Chia-Chin Tsoo & Bih-Yaw Jin
We are chemists who are interested in topologically nontrivial structures inspired by fullerenes and graphene. Using the angle-weave technique of mathematical beading, we realize that it is possible to construct robust models of approximate 3D curved surfaces for arbitrary sp2-hybridized graphitic structures with only beads and strings. We show here two bead sculptures, the first model corresponds the 3D embedding of Felix Klein's all-heptagon network and the second model the hyperbolic soccerball.
The sculpture represents a periodic graphitic structure which approximates a genus-3 negative curvature D-surface decorated with the Felix Klein's open network consisting only of full helptagons. A hypothetical carbon allotrope based on this structure can be called a D56 protoschwarzite since there are 24 heptagons and 56 carbon atoms in a unit cell.

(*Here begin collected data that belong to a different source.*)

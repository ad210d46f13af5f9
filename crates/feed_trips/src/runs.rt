//! The runs of frequency rows.
ghost use Rattle.std.specs.Prelude.{◌≡◌, ◌≤◌, ◌++◌, map, pos, ◌-ℤ◌, ◌+ℤ◌, All, IfOk, OnOk};
ghost use Rattle.std.specs.List.{list_any};
ghost use Rattle.std.specs.Ordering.{int_cmp};
ghost use Rattle.plain_laws.specs.Plain.{IsAscending};
ghost use Rattle.feed_rows.specs.Shifts.{is_run_start, run_starts, run_count, ascending_of};
ghost use Rattle.feed_trips.specs.Runs.{IsSoundRun, shifts_against};

use feed_rows::{FrequencyRow, Shifts};
use std::alloc::{AllocError, Global};

/// Whether a run of the row departs from the first stop at this second of the service day.
#[tactic(auto, unfolding(feed_rows::specs::Shifts::is_run_start))]
fn is_run_at(row: &FrequencyRow, second: i64) -> bool
    ensures { result ≡ is_run_start row.now second }
{
    row.headway > 0
        && row.start as i64 <= second
        && second < row.end as i64
        && (second.unsigned_abs() - row.start as u64) % row.headway as u64 == 0
}

/// Whether a run of one of the rows departs from the first stop at this second of the service day.
pub fn has_run_at(rows: &[FrequencyRow], second: i64) -> bool
    ensures { result ≡ list_any (λ f. is_run_start f second) rows.now }
{
    rows.iter().any(|row| is_run_at(row, second))
}

// How many runs a row has.
fn runs_in(row: &FrequencyRow) -> u32
    requires { IsSoundRun row.now }
    ensures { result ≡ run_count row.now }
{
    (row.end.saturating_sub(row.start) + row.headway - 1) / row.headway
}

// The shift of a run that departs at this second against the first departure, in seconds.
fn shift_of(start: u32, first: u32) -> i64
    ensures { result ≡ pos start -ℤ pos first }
{
    i64::from(start) - i64::from(first)
}

// Appends the shifts of a row's runs against the first departure, in seconds.
fn push_shifts(shifts: &mut Vec<i64>, row: &FrequencyRow, first: u32) -> Result<(), AllocError>
    requires { IsSoundRun row.now }
    ensures { OnOk result (shifts.new.items ≡ shifts.old.items ++ map (λ start. pos start -ℤ pos first) (run_starts row.now)) }
{
    for run in 0..runs_in(row) {
        shifts.push(shift_of(row.start + run * row.headway, first))?;
    }
    Ok(())
}

// The shifts of the rows' runs against the first departure, in seconds.
fn shifts_against(alloc: Global, rows: &[FrequencyRow], first: u32) -> Result<Vec<i64>, AllocError>
    requires { All IsSoundRun rows.now }
    ensures { IfOk result (λ shifts. shifts.items ≡ shifts_against first rows.now) }
{
    let mut shifts = Vec::new(alloc);
    for row in rows {
        push_shifts(&mut shifts, row, first)?;
    }
    Ok(shifts)
}

// Puts the numbers in ascending order, each once.
fn put_in_order(numbers: &mut Vec<i64>)
    ensures { numbers.new.items ≡ ascending_of numbers.old.items }
{
    numbers.sort_unstable();
    numbers.dedup();
}

// The numbers, which ascend.
fn kept(alloc: Global, numbers: &[i64]) -> Result<Shifts, AllocError>
    requires { IsAscending int_cmp numbers.now }
    ensures { IfOk result (λ shifts. shifts ≡ numbers.now) }
{
    let mut shifts = Shifts::empty(alloc);
    for i in 0..numbers.len() {
        shifts.push(numbers[i])?;
    }
    Ok(shifts)
}

/// The shifts of the rows' runs against the first departure, in seconds, ascending, each once.
///
/// # Errors
/// Want of memory.
#[tactic(auto, using(crate::proofs::RunLaws::ascending_runs))]
pub fn shifts_of_runs(
    alloc: Global,
    rows: &[FrequencyRow],
    first: u32,
) -> Result<Shifts, AllocError>
    requires { All IsSoundRun rows.now }
    ensures { IfOk result (λ shifts. shifts ≡ ascending_of (shifts_against first rows.now)) }
{
    let mut numbers = shifts_against(alloc, rows, first)?;
    put_in_order(&mut numbers);
    kept(alloc, numbers.as_slice())
}
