//! The trips of a feed: their calls, their shifts and the rides that they offer.
#![tactic(auto)]

mod calls;
mod ids;
mod order;
mod passes;
mod runs;
mod scan;
mod together;
mod trips;

pub use calls::Calls;
pub use trips::Trips;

Buckyball or molecular soccerball is a spherical fullerene molecule with the formula C60, in which two neighbored pentagons are separated by a single carbon-cabon bond. Similarly, the hyperbolic soccerbal, or the D168 Schwarzite, is a hyperbolic graphitic structure, in which two neighbored heptagons are also separated by a single carbon-carbon bond. The hyperbolic soccerball is related to the D56 Schwarzite structure by a leapfrog transformation consisting of omnicapping followed by dualization.